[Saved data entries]
---+---

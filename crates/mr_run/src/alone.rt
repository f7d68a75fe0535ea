//! Schedules of one thread.
ghost use Rattle.std.specs.Prelude.{◌≡◌, ◌==◌};
ghost use Rattle.mr_run.specs.Runs.{are_of_first};

use mr_sched::Entry;

/// Whether all entries of a schedule are of thread 0.
pub fn is_of_first(entries: &[Entry]) -> bool
    ensures { result ≡ are_of_first entries.now }
{
    entries.iter().all(|entry| entry.thread == 0)
}
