// Values along their types: how far a value's compact bits go, compact bits to padded cells, padded cells to compact bits.
// A value of a type without padding is so many bits, which are its cells too: it is skipped, padded and unpadded at once.
// Any other is read record by record downwards: each function calls itself on a record's parts, and the index falls.
// A part of width 0 is passed over at once, and products with such a part are stepped over by the table of next records,
// so that the steps are in proportion to the width. The tables are lent and may hold anything: a record that does not fit
// its widths, or whose parts do not lie below it, stands for nothing. A table that the check of types passed has no such record.
#![tactic(auto)]

ghost use Rattle.std.specs.Prelude.{◌≡◌, ◌∷◌, ◌+◌, ◌%◌, ◌≤◌, ◌<◌, length, get_or, drop};
ghost use Rattle.std.proofs.lemmas.List.Edits.{sets};
ghost use Rattle.limits.specs.Limits.{cell_count};
ghost use Rattle.report.specs.Bits.{bits_of};
ghost use Rattle.scope.specs.Numbers.{stream_of, zeros};
ghost use Rattle.scope.specs.Run.{cells_of};
ghost use Rattle.value.specs.Shapes.{plain, falls, tag_step, both_step, step_at, shape_at, part};
ghost use Rattle.value.specs.Bits.{skip_shape, pad_shape, unpad_shape, skipped, padding, pad_stage, unpadding, unpad_stage, room};

use types::Tag;

// What tells the shape of the values of each type: the records of the types, and of each record its width and the next record that matters.
#[derive(Clone, Copy)]
pub struct Shapes<'a> {
    pub types: &'a [u8],
    pub widths: &'a [u32],
    pub next: &'a [u16],
}

// How a value goes on at a record: with nothing, with so many bits without padding, with a tag and one of two parts after so much padding,
// or with both parts, of which the left one has this width.
#[derive(Clone, Copy)]
enum Step {
    Nothing,
    Plain(u32),
    Tag {
        left: usize,
        right: usize,
        pad_left: u32,
        pad_right: u32,
    },
    Both {
        left: usize,
        right: usize,
        width: u32,
    },
}

// Whether record j is none after i, and the parts lie below it.
#[tactic(auto, unfolding(scope::specs::Numbers::every))]
fn parts_fall(i: usize, j: usize, left: usize, right: usize) -> bool
    ensures { result ≡ falls i j left right }
{
    j <= i && left < j && right < j
}

// A sum of this width, whose parts have widths a and b.
fn tag_step(own: u32, left: usize, right: usize, a: u32, b: u32) -> Step
    ensures { result ≡ tag_step own left right a b }
{
    let most = a.max(b);
    if common::wide(own) == 1 + common::wide(most) {
        Step::Tag {
            left,
            right,
            pad_left: most - a,
            pad_right: most - b,
        }
    } else {
        Step::Nothing
    }
}

// A product of this width, whose parts have widths a and b.
fn both_step(own: u32, left: usize, right: usize, a: u32, b: u32) -> Step
    ensures { result ≡ both_step own left right a b }
{
    if common::wide(own) == common::wide(a) + common::wide(b) {
        Step::Both {
            left,
            right,
            width: a,
        }
    } else {
        Step::Nothing
    }
}

// How a value of type i goes on.
#[tactic(auto, unfolding(crate::specs::Shapes::step_at))]
fn step_at(shapes: &Shapes<'_>, i: usize) -> Step
    ensures { result ≡ step_at shapes.now.types.now shapes.now.widths.now shapes.now.next.now i }
{
    let own = common::entry_or(shapes.widths, i, 0);
    if own == 0 || limits::TYPE_COUNT <= i {
        return Step::Nothing;
    }
    let entry = common::entry_or(shapes.next, i, 0);
    if entry == types::UNPADDED {
        return Step::Plain(own);
    }
    let j = common::index(entry);
    let record = types::record_at(shapes.types, j);
    let left = common::index(record.left);
    let right = common::index(record.right);
    if !parts_fall(i, j, left, right) {
        return Step::Nothing;
    }
    let a = common::entry_or(shapes.widths, left, 0);
    let b = common::entry_or(shapes.widths, right, 0);
    match Tag::try_from(record.tag) {
        Ok(Tag::Sum) => tag_step(own, left, right, a, b),
        Ok(Tag::Product) => both_step(own, left, right, a, b),
        _ => Step::Nothing,
    }
}

// Of the two sides of a sum the one that a tag names.
#[tactic(auto, using(crate::proofs::Steps::part_right))]
fn side_of<T: Copy>(side: u8, left: T, right: T) -> T
    ensures { result ≡ part side left right }
{
    if side == 0 { left } else { right }
}

// How many bits of a stream stand from bit p on.
#[tactic(auto, using(crate::proofs::Plain::left_ways))]
fn bits_left(s: &[u8], p: usize) -> usize
    ensures { result ≡ length (drop p (stream_of s.now)) }
{
    if limits::DOSSIER_BYTES < s.len() {
        return 0;
    }
    (s.len() * 8).saturating_sub(p)
}

// The position after so many bits from bit p of a stream on; none where there are too few.
#[tactic(auto, using(crate::proofs::Plain::skip_plain_ways))]
fn skip_plain(s: &[u8], p: usize, width: u32) -> Option<usize>
    ensures { result ≡ skipped p (skip_shape (plain width) (drop p (stream_of s.now))) }
{
    let n = width as usize;
    if n <= bits_left(s, p) {
        Some(p + n)
    } else {
        None
    }
}

// The position after the compact value of type i at bit p of a stream; none where there are too few bits.
#[tactic(auto, using(crate::proofs::Ways::skip_ways))]
pub fn skip(shapes: &Shapes<'_>, i: usize, s: &[u8], p: usize) -> Option<usize>
    ensures { result ≡ skipped p
        (skip_shape (shape_at shapes.now.types.now shapes.now.widths.now shapes.now.next.now i) (drop p (stream_of s.now))) }
{
    match step_at(shapes, i) {
        Step::Nothing => Some(p),
        Step::Plain(width) => skip_plain(s, p, width),
        Step::Tag { left, right, .. } => {
            let (side, after) = bititer::bit(s, p)?;
            skip(shapes, side_of(side, left, right), s, after)
        }
        Step::Both { left, right, .. } => {
            let middle = skip(shapes, left, s, p)?;
            skip(shapes, right, s, middle)
        }
    }
}

// Whether so many cells from `at` on lie in the store, and within the most cells of a run. No cells lie anywhere.
#[tactic(auto, using(crate::proofs::Ways::room_ways))]
fn has_room(cells: &[u8], width: u32, at: u32) -> bool
    ensures { result ≡ room width at (bits_of cells.now) }
{
    if width == 0 {
        return true;
    }
    let end = common::wide(at) + common::wide(width);
    (end + 7) / 8 <= cells.len() as u64 && end <= common::wide(limits::CELL_COUNT)
}

// A tag and its padding.
fn write_tag(cells: &mut [u8], at: u32, side: u8, padding: u32)
    requires { at < cell_count }
    ensures { bits_of cells.new ≡ sets (bits_of cells.old) at (side % 2 ∷ zeros padding) }
{
    cells::write_cell(cells, at, side);
    cells::zero_cells(cells, at + 1, padding);
}

// So many bits from bit p of a stream on, as cells from `at` on, where there are so many.
#[tactic(auto, using(crate::proofs::Plain::pad_plain_ways))]
fn pad_plain(s: &[u8], p: usize, width: u32, cells: &mut [u8], at: u32) -> Option<usize>
    requires { 0 < width }
    ensures { (result ≡ skipped p (skip_shape (plain width) (drop p (stream_of s.now))))
        × (bits_of cells.new ≡ pad_shape (plain width) (drop p (stream_of s.now)) (bits_of cells.old) at) }
{
    let end = skip_plain(s, p, width)?;
    cells::put_bits(s, p as u32, width, cells, at);
    Some(end)
}

// The compact value of type i at bit p, as padded cells from `at` on, as far as there are bits for it.
#[tactic(auto, using(crate::proofs::Ways::pad_ways))]
fn pad_part(
    shapes: &Shapes<'_>,
    i: usize,
    s: &[u8],
    p: usize,
    cells: &mut [u8],
    at: u32,
) -> Option<usize>
    requires { 0 < get_or shapes.now.widths.now i 0 → at + get_or shapes.now.widths.now i 0 ≤ cell_count }
    ensures { (result ≡ skipped p
        (skip_shape (shape_at shapes.now.types.now shapes.now.widths.now shapes.now.next.now i) (drop p (stream_of s.now))))
        × (bits_of cells.new ≡ pad_shape (shape_at shapes.now.types.now shapes.now.widths.now shapes.now.next.now i)
        (drop p (stream_of s.now)) (bits_of cells.old) at) }
{
    match step_at(shapes, i) {
        Step::Nothing => Some(p),
        Step::Plain(width) => pad_plain(s, p, width, cells, at),
        Step::Tag {
            left,
            right,
            pad_left,
            pad_right,
        } => {
            let (side, after) = bititer::bit(s, p)?;
            let padding = side_of(side, pad_left, pad_right);
            write_tag(cells, at, side, padding);
            let part = side_of(side, left, right);
            pad_part(shapes, part, s, after, cells, at + 1 + padding)
        }
        Step::Both { left, right, width } => {
            let middle = pad_part(shapes, left, s, p, cells, at)?;
            pad_part(shapes, right, s, middle, cells, at + width)
        }
    }
}

// The compact value of type i at bit p of a stream, written as padded cells from `at` on, padding 0: the position after it.
// None, and nothing is written, where bits or cells are too few.
#[tactic(auto, using(crate::proofs::Ways::pad_ends))]
pub fn pad(
    shapes: &Shapes<'_>,
    i: usize,
    s: &[u8],
    p: usize,
    cells: &mut [u8],
    at: u32,
) -> Option<usize>
    ensures { padding result (bits_of cells.new)
        ≡ pad_stage (shape_at shapes.now.types.now shapes.now.widths.now shapes.now.next.now i) (get_or shapes.now.widths.now i 0)
        (stream_of s.now) p (bits_of cells.old) at }
{
    skip(shapes, i, s, p)?;
    if !has_room(cells, common::entry_or(shapes.widths, i, 0), at) {
        return None;
    }
    pad_part(shapes, i, s, p, cells, at)
}

// The compact bits of the value of type i in the cells from `at` on, into the bits of the answer from q on: the place after them.
#[tactic(auto, using(crate::proofs::Ways::unpad_ways))]
fn unpad_part(
    shapes: &Shapes<'_>,
    i: usize,
    cells: &[u8],
    at: u32,
    answer: &mut [u8],
    q: u32,
) -> u32
    requires { 0 < get_or shapes.now.widths.now i 0 → (at + get_or shapes.now.widths.now i 0 ≤ cell_count)
        × (q + get_or shapes.now.widths.now i 0 ≤ cell_count) }
    ensures { (result ≡ q + length
        (unpad_shape (shape_at shapes.now.types.now shapes.now.widths.now shapes.now.next.now i) (cells_of cells.now) at))
        × (bits_of answer.new ≡ sets (bits_of answer.old) q
        (unpad_shape (shape_at shapes.now.types.now shapes.now.widths.now shapes.now.next.now i) (cells_of cells.now) at)) }
{
    match step_at(shapes, i) {
        Step::Nothing => q,
        Step::Plain(width) => {
            cells::put_bits(cells, at, width, answer, q);
            q + width
        }
        Step::Tag {
            left,
            right,
            pad_left,
            pad_right,
        } => {
            let side = cells::read_cell(cells, at);
            cells::write_cell(answer, q, side);
            let padding = side_of(side, pad_left, pad_right);
            let part = side_of(side, left, right);
            let place = at + 1 + padding;
            unpad_part(shapes, part, cells, place, answer, q + 1)
        }
        Step::Both { left, right, width } => {
            let middle = unpad_part(shapes, left, cells, at, answer, q);
            let place = at + width;
            unpad_part(shapes, right, cells, place, answer, middle)
        }
    }
}

// The compact bits of the value of type i in the cells from `at` on, written into the bits of the answer from q on: how many there are.
// None, and nothing is written, where either store is too short for the type's width.
#[tactic(auto, using(crate::proofs::Ways::unpad_ends))]
pub fn unpad(
    shapes: &Shapes<'_>,
    i: usize,
    cells: &[u8],
    at: u32,
    answer: &mut [u8],
    q: u32,
) -> Option<u32>
    ensures { unpadding result (bits_of answer.new)
        ≡ unpad_stage (shape_at shapes.now.types.now shapes.now.widths.now shapes.now.next.now i) (get_or shapes.now.widths.now i 0)
        (bits_of cells.now) (cells_of cells.now) at (bits_of answer.old) q }
{
    let width = common::entry_or(shapes.widths, i, 0);
    if !has_room(cells, width, at) || !has_room(answer, width, q) {
        return None;
    }
    let end = unpad_part(shapes, i, cells, at, answer, q);
    Some(end - q)
}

---+---

* [What is expected] Above are the records; from them, give again exactly the lines from the one containing "let left = common::index(record.left);" through the one containing "#[tactic(auto, using(crate::proofs::Ways::skip_ways))]", both included.

* [Exercise answer]
    let left = common::index(record.left);
    let right = common::index(record.right);
    if !parts_fall(i, j, left, right) {
        return Step::Nothing;
    }
    let a = common::entry_or(shapes.widths, left, 0);
    let b = common::entry_or(shapes.widths, right, 0);
    match Tag::try_from(record.tag) {
        Ok(Tag::Sum) => tag_step(own, left, right, a, b),
        Ok(Tag::Product) => both_step(own, left, right, a, b),
        _ => Step::Nothing,
    }
}

// Of the two sides of a sum the one that a tag names.
#[tactic(auto, using(crate::proofs::Steps::part_right))]
fn side_of<T: Copy>(side: u8, left: T, right: T) -> T
    ensures { result ≡ part side left right }
{
    if side == 0 { left } else { right }
}

// How many bits of a stream stand from bit p on.
#[tactic(auto, using(crate::proofs::Plain::left_ways))]
fn bits_left(s: &[u8], p: usize) -> usize
    ensures { result ≡ length (drop p (stream_of s.now)) }
{
    if limits::DOSSIER_BYTES < s.len() {
        return 0;
    }
    (s.len() * 8).saturating_sub(p)
}

// The position after so many bits from bit p of a stream on; none where there are too few.
#[tactic(auto, using(crate::proofs::Plain::skip_plain_ways))]
fn skip_plain(s: &[u8], p: usize, width: u32) -> Option<usize>
    ensures { result ≡ skipped p (skip_shape (plain width) (drop p (stream_of s.now))) }
{
    let n = width as usize;
    if n <= bits_left(s, p) {
        Some(p + n)
    } else {
        None
    }
}

// The position after the compact value of type i at bit p of a stream; none where there are too few bits.
#[tactic(auto, using(crate::proofs::Ways::skip_ways))]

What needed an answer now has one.